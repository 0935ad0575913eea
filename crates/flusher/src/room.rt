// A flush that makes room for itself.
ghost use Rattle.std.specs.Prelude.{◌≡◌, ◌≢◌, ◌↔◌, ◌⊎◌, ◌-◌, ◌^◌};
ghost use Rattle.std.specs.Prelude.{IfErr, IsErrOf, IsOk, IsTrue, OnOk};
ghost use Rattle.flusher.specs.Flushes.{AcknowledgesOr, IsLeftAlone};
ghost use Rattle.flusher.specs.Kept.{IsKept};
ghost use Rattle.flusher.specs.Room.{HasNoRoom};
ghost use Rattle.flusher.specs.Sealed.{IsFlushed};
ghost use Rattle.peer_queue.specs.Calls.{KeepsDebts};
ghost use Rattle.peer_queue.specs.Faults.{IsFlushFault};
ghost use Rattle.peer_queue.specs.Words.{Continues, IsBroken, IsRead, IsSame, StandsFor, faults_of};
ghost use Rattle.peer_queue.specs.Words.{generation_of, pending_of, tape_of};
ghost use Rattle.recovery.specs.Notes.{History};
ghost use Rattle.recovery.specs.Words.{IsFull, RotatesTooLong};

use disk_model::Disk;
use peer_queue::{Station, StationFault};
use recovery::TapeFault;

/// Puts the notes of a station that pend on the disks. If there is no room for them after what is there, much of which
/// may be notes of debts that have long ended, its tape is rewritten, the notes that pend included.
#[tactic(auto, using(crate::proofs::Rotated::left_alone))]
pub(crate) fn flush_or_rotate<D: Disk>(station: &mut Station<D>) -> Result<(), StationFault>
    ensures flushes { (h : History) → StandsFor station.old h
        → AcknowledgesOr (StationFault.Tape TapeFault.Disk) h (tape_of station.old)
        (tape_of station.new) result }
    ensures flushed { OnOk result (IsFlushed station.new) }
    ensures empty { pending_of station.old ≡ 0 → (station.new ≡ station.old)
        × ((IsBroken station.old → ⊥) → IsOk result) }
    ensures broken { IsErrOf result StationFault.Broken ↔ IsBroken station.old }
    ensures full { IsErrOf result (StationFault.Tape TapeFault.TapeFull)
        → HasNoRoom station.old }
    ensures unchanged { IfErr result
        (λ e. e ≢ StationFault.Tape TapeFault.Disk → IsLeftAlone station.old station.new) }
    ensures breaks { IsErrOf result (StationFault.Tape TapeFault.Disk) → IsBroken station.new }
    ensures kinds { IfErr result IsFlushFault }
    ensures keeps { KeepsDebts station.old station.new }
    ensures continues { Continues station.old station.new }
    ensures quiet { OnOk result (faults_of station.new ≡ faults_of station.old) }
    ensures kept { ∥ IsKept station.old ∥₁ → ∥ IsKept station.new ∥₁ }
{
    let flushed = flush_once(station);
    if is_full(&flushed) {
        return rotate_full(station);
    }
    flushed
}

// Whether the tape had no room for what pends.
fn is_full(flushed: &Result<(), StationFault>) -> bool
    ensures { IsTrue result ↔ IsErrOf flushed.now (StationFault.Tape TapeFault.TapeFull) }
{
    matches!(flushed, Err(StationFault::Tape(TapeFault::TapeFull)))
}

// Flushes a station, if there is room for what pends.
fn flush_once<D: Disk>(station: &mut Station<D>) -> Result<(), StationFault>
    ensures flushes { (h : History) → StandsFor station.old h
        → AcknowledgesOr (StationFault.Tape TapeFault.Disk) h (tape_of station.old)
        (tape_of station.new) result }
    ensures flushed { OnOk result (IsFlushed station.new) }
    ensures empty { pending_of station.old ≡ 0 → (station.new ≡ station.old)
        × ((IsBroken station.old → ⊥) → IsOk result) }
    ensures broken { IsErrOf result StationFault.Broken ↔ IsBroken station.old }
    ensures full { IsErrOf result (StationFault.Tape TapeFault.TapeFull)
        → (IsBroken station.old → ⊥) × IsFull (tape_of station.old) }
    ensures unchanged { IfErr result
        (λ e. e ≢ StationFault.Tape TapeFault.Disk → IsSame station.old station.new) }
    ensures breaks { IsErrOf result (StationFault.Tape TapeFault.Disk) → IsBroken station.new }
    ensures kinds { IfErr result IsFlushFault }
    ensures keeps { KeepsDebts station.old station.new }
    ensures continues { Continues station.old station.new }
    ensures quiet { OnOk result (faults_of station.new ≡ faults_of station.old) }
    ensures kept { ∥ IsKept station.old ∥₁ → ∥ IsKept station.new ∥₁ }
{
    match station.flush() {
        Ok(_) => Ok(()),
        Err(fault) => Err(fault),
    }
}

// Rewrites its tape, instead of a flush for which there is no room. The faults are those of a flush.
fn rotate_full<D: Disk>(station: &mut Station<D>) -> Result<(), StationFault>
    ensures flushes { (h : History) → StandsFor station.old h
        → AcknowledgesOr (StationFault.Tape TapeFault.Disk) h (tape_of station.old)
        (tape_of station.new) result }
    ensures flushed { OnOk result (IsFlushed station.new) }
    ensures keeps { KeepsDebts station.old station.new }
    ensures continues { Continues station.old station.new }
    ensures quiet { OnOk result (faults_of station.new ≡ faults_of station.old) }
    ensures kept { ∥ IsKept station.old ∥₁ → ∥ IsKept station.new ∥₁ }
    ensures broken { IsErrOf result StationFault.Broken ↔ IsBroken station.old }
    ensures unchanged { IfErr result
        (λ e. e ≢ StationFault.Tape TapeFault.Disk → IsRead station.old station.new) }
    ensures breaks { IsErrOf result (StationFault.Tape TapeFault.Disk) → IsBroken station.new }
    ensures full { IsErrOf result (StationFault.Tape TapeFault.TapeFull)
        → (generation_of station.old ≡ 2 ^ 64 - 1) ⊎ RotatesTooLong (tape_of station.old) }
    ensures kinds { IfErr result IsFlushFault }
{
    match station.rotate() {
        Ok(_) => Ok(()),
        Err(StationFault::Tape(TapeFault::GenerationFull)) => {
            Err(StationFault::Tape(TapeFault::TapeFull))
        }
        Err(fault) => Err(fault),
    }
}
+--
## WORK INSTRUCTIONS
Reprint the listing above. Keep every line exactly as it is.

## RESPONSE TO THIS TASK
repository 0935ad0575913eea
filename crates/flusher/src/room.rt
// A flush that makes room for itself.
ghost use Rattle.std.specs.Prelude.{◌≡◌, ◌≢◌, ◌↔◌, ◌⊎◌, ◌-◌, ◌^◌};
ghost use Rattle.std.specs.Prelude.{IfErr, IsErrOf, IsOk, IsTrue, OnOk};
ghost use Rattle.flusher.specs.Flushes.{AcknowledgesOr, IsLeftAlone};
ghost use Rattle.flusher.specs.Kept.{IsKept};
ghost use Rattle.flusher.specs.Room.{HasNoRoom};
ghost use Rattle.flusher.specs.Sealed.{IsFlushed};
ghost use Rattle.peer_queue.specs.Calls.{KeepsDebts};
ghost use Rattle.peer_queue.specs.Faults.{IsFlushFault};
ghost use Rattle.peer_queue.specs.Words.{Continues, IsBroken, IsRead, IsSame, StandsFor, faults_of};
ghost use Rattle.peer_queue.specs.Words.{generation_of, pending_of, tape_of};
ghost use Rattle.recovery.specs.Notes.{History};
ghost use Rattle.recovery.specs.Words.{IsFull, RotatesTooLong};

use disk_model::Disk;
use peer_queue::{Station, StationFault};
use recovery::TapeFault;

/// Puts the notes of a station that pend on the disks. If there is no room for them after what is there, much of which
/// may be notes of debts that have long ended, its tape is rewritten, the notes that pend included.
#[tactic(auto, using(crate::proofs::Rotated::left_alone))]
pub(crate) fn flush_or_rotate<D: Disk>(station: &mut Station<D>) -> Result<(), StationFault>
    ensures flushes { (h : History) → StandsFor station.old h
        → AcknowledgesOr (StationFault.Tape TapeFault.Disk) h (tape_of station.old)
        (tape_of station.new) result }
    ensures flushed { OnOk result (IsFlushed station.new) }
    ensures empty { pending_of station.old ≡ 0 → (station.new ≡ station.old)
        × ((IsBroken station.old → ⊥) → IsOk result) }
    ensures broken { IsErrOf result StationFault.Broken ↔ IsBroken station.old }
    ensures full { IsErrOf result (StationFault.Tape TapeFault.TapeFull)
        → HasNoRoom station.old }
    ensures unchanged { IfErr result
        (λ e. e ≢ StationFault.Tape TapeFault.Disk → IsLeftAlone station.old station.new) }
    ensures breaks { IsErrOf result (StationFault.Tape TapeFault.Disk) → IsBroken station.new }
    ensures kinds { IfErr result IsFlushFault }
    ensures keeps { KeepsDebts station.old station.new }
    ensures continues { Continues station.old station.new }
    ensures quiet { OnOk result (faults_of station.new ≡ faults_of station.old) }
    ensures kept { ∥ IsKept station.old ∥₁ → ∥ IsKept station.new ∥₁ }
{
    let flushed = flush_once(station);
    if is_full(&flushed) {
        return rotate_full(station);
    }
    flushed
}

// Whether the tape had no room for what pends.
fn is_full(flushed: &Result<(), StationFault>) -> bool
    ensures { IsTrue result ↔ IsErrOf flushed.now (StationFault.Tape TapeFault.TapeFull) }
{
    matches!(flushed, Err(StationFault::Tape(TapeFault::TapeFull)))
}

// Flushes a station, if there is room for what pends.
fn flush_once<D: Disk>(station: &mut Station<D>) -> Result<(), StationFault>
    ensures flushes { (h : History) → StandsFor station.old h
        → AcknowledgesOr (StationFault.Tape TapeFault.Disk) h (tape_of station.old)
        (tape_of station.new) result }
    ensures flushed { OnOk result (IsFlushed station.new) }
    ensures empty { pending_of station.old ≡ 0 → (station.new ≡ station.old)
        × ((IsBroken station.old → ⊥) → IsOk result) }
    ensures broken { IsErrOf result StationFault.Broken ↔ IsBroken station.old }
    ensures full { IsErrOf result (StationFault.Tape TapeFault.TapeFull)
        → (IsBroken station.old → ⊥) × IsFull (tape_of station.old) }
    ensures unchanged { IfErr result
        (λ e. e ≢ StationFault.Tape TapeFault.Disk → IsSame station.old station.new) }
    ensures breaks { IsErrOf result (StationFault.Tape TapeFault.Disk) → IsBroken station.new }
    ensures kinds { IfErr result IsFlushFault }
    ensures keeps { KeepsDebts station.old station.new }
    ensures continues { Continues station.old station.new }
    ensures quiet { OnOk result (faults_of station.new ≡ faults_of station.old) }
    ensures kept { ∥ IsKept station.old ∥₁ → ∥ IsKept station.new ∥₁ }
{
    match station.flush() {
        Ok(_) => Ok(()),
        Err(fault) => Err(fault),
    }
}

// Rewrites its tape, instead of a flush for which there is no room. The faults are those of a flush.
fn rotate_full<D: Disk>(station: &mut Station<D>) -> Result<(), StationFault>
    ensures flushes { (h : History) → StandsFor station.old h
        → AcknowledgesOr (StationFault.Tape TapeFault.Disk) h (tape_of station.old)
        (tape_of station.new) result }
    ensures flushed { OnOk result (IsFlushed station.new) }
    ensures keeps { KeepsDebts station.old station.new }
    ensures continues { Continues station.old station.new }
    ensures quiet { OnOk result (faults_of station.new ≡ faults_of station.old) }
    ensures kept { ∥ IsKept station.old ∥₁ → ∥ IsKept station.new ∥₁ }
    ensures broken { IsErrOf result StationFault.Broken ↔ IsBroken station.old }
    ensures unchanged { IfErr result
        (λ e. e ≢ StationFault.Tape TapeFault.Disk → IsRead station.old station.new) }
    ensures breaks { IsErrOf result (StationFault.Tape TapeFault.Disk) → IsBroken station.new }
    ensures full { IsErrOf result (StationFault.Tape TapeFault.TapeFull)
        → (generation_of station.old ≡ 2 ^ 64 - 1) ⊎ RotatesTooLong (tape_of station.old) }
    ensures kinds { IfErr result IsFlushFault }
{
    match station.rotate() {
        Ok(_) => Ok(()),
        Err(StationFault::Tape(TapeFault::GenerationFull)) => {
            Err(StationFault::Tape(TapeFault::TapeFull))
        }
        Err(fault) => Err(fault),
    }
}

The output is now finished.